## Work instruction
Beginning with the opening line, restate the following material exactly, up through the line that contains "list of packages.".

## Given information
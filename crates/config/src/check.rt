ghost use Rattle.std.specs.Prelude.{◌≡◌, true, is_ok, Ok};
ghost use Rattle.config.specs.Checks.{checked, drafted, makes, plan_of};
ghost use Rattle.config.specs.declared.Plan.{Plan as PlanRecord};
ghost use Rattle.packages.specs.Packages.{any_open, parsed, seen};
ghost use Rattle.packages.specs.Protocols.{protocol_of};

use crate::{Draft, MAX_WORK, Plan, Role};
use packages::{PackageListConfig, Protocol, filter_protocol};
use sspi::Fault;
use std::marker::PhantomData;

impl<R: Role> Draft<R> {
    // Checks a configuration: the word for the protocol, and the list of packages.
    // Refuses first an unknown word, then a list that leaves nothing open, then a server that would run closed NTLM.
    #[tactic(auto, unfolding(crate::specs::Checks::checked))]
    pub fn check(word: &str, package_list: Option<&[u8]>) -> Result<Draft<R>, Fault>
        ensures answer { drafted result ≡ checked R.IS_CLIENT word.now (seen package_list.entry) }
        ensures as_listed { (p : PlanRecord) → drafted result ≡ Ok p → p.«open» ≡ parsed (seen package_list.entry) }
        ensures some { (p : PlanRecord) → drafted result ≡ Ok p → any_open p.«open» ≡ true }
        ensures made { is_ok result ≡ makes R.IS_CLIENT (protocol_of word.now) (parsed (seen package_list.entry)) }
    {
        let open = PackageListConfig::parse(package_list);
        let configured = word.parse::<Protocol>()?;
        let running = filter_protocol(configured, open, R::IS_CLIENT)?;
        Ok(Draft {
            role: PhantomData,
            plan: Plan {
                running,
                open,
                max_work: MAX_WORK,
            },
        })
    }
}

impl<R> Draft<R> {
    // Ends the draft.
    pub fn spend(self) -> Plan
        ensures answer { result ≡ plan_of self }
        ensures some { any_open result.«open» ≡ true }
    {
        let Draft { role: _, plan } = self;
        plan
    }
}
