ghost use Rattle.std.specs.Prelude.{◌≡◌, IfOk};
ghost use Rattle.der.specs.Promises.{Exact};
ghost use Rattle.spnego.specs.Places.{Parts};
ghost use Rattle.spnego.specs.Reading.{read_targ};
ghost use Rattle.spnego.specs.Tokens.{targ_fields, targ_bytes, TargWellFormed};
ghost use Rattle.spnego.specs.Views.{plain_fields, plain_targ, targ_read};

use crate::fields::{Layout, TokenFields, sequence};
use der::only;
use sspi::Fault;

// A token of either side after the first: each field is absent or a part of the input.
#[derive(Clone, Copy)]
pub struct NegTokenTarg<'a> {
    pub neg_state: Option<&'a [u8]>,
    pub supported_mech: Option<&'a [u8]>,
    pub response_token: Option<&'a [u8]>,
    pub mech_list_mic: Option<&'a [u8]>,
}

impl<'a> NegTokenTarg<'a> {
    // Reads a token that fills the input.
    #[tactic(auto, unfolding(crate::specs::Reading::read_targ))]
    pub fn read(input: &'a [u8]) -> Result<NegTokenTarg<'a>, Fault>
        ensures answer { targ_read result ≡ read_targ input.now }
        ensures exact { Exact TargWellFormed targ_bytes input.now (targ_read result) }
        ensures parts { IfOk (targ_read result) (λ t. Parts input.now (targ_fields t)) }
    {
        let fields = sequence(only(input, 0xa1)?, Layout::TARG)?;
        Ok(NegTokenTarg {
            neg_state: fields.first,
            supported_mech: fields.second,
            response_token: fields.third,
            mech_list_mic: fields.fourth,
        })
    }
}

// The four fields of the token, which has other names for them than `NegTokenInit`.
impl<'a> From<&NegTokenTarg<'a>> for TokenFields<'a> {
    ghost from_gives = { λ t f. plain_fields f ≡ targ_fields (plain_targ t.now) };

    fn from(token: &NegTokenTarg<'a>) -> TokenFields<'a> {
        TokenFields {
            first: token.neg_state,
            second: token.supported_mech,
            third: token.response_token,
            fourth: token.mech_list_mic,
        }
    }
}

## Solution to this exercise
filename crates/config/src/check.rt
ghost use Rattle.std.specs.Prelude.{◌≡◌, true, is_ok, Ok};
ghost use Rattle.config.specs.Checks.{checked, drafted, makes, plan_of};
ghost use Rattle.config.specs.declared.Plan.{Plan as PlanRecord};
ghost use Rattle.packages.specs.Packages.{any_open, parsed, seen};
ghost use Rattle.packages.specs.Protocols.{protocol_of};

use crate::{Draft, MAX_WORK, Plan, Role};
use packages::{PackageListConfig, Protocol, filter_protocol};
use sspi::Fault;
use std::marker::PhantomData;

impl<R: Role> Draft<R> {
    // Checks a configuration: the word for the protocol, and the list of packages.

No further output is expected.